9. Liability and Used Equipment Used or refurbished equipment, delivery items, etc. are carefully checked by Febauma before delivery. Liability for defects is excluded for delivery of such delivery items, machines etc.. The used equipment is bought as seen. The same applies to the rental of used equipment. From Febauma mentioned technical data and product information of any kind are not considered as guaranteed characteristics in the sense of § 459 BGB (German Civil Law), unless they have been demonstrably confirmed by Febauma to the Purchaser as such. With regard to claims for damages shall Section 8.5. sentences 2 and 3 and 8.6. accordingly shall apply.

10. General liability In addition to the warranty conditions under Section 8, Febauma is liable - unless damage to body, life or health is caused - only for intent or gross negligence of its agents or servants. This applies in particular to claims arising from culpa in contrahendo, positive contract breach of advice or other support services and tort.

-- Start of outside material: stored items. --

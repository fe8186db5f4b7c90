// The quickest static flow for an amount: augmentations, from a state that a hint proposed and a test accepted or from the first
// augmentation on.
#![tactic(auto)]

ghost use Rattle.network.specs.Held.{model_of};
ghost use Rattle.quickest.specs.Quickest.{FirstSearched, IsQuickest, Plannable, TooShort};

use adjacency::Graph;
use quickest::Quickest;
use residual::Tree;
use states::State;
use std::ops::ControlFlow;

// Where the first path brings the amount in so many slots more than it lasts, few augmentations follow, and cost less than a hint.
pub const FEW_SLOTS: u64 = 16;

// The state that the turns begin with: the first augmentation, along the path in `tree`, if it brings the amount in a few slots more than
// the path lasts; else what the simplex proposes, if it passes the test and is too short for the amount; else the first augmentation
// again.
fn begin(graph: &Graph, tree: &Tree, amount: u32) -> State
    requires { Plannable (model_of graph.now.network) amount × FirstSearched (model_of graph.now.network) tree.now }
    ensures { TooShort (model_of graph.now.network) amount result }
{
    let network = &graph.network;
    let raised = states::raise(&states::begin(), tree, tree.reach);
    let augmented = augment::augment(network, &raised, tree);
    let value = augmented.value;
    let wanted = u64::from(amount);
    if wanted / FEW_SLOTS <= value {
        return augmented;
    }
    let slots = simplex::enough(tree.reach, value, amount);
    let proposed = simplex::propose(network, &graph.index, tree, slots, Some(amount));
    if soundness::accepts(network, &proposed)
        && cuts::bound(network, &proposed.potential) < wanted
    {
        return proposed;
    }
    augmented
}

// The quickest static flow for the amount: turns from the state that they begin with until the amount can be brought. The first search
// was made already: `tree` is what it found, and no flow brings nothing, so the first augmentation needs no test.
pub fn find(graph: &Graph, amount: u32, tree: &Tree) -> Quickest
    requires { Plannable (model_of graph.now.network) amount × FirstSearched (model_of graph.now.network) tree.now }
    ensures { IsQuickest (model_of graph.now.network) amount result }
{
    let mut state = begin(graph, tree, amount);
    loop {
        match quickest::turn(graph, &state, amount) {
            ControlFlow::Break(quickest) => return quickest,
            ControlFlow::Continue(next) => state = next,
        }
    }
}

11. Place of performance, jurisdiction and applicable law 11.1 Place of performance for both parties is Lünen, Germany. 11.2. The jurisdiction of legal disputes arising from the or out of the contractual relationship is Lünen, Germany.

12. Scope These terms of sale and delivery shall only apply in business with merchants or with legal entities of public law or with public separate estate/special funds in accordance with § 310 BGB (German Civil Law).

13. For rental contracts our rental conditions apply additionally.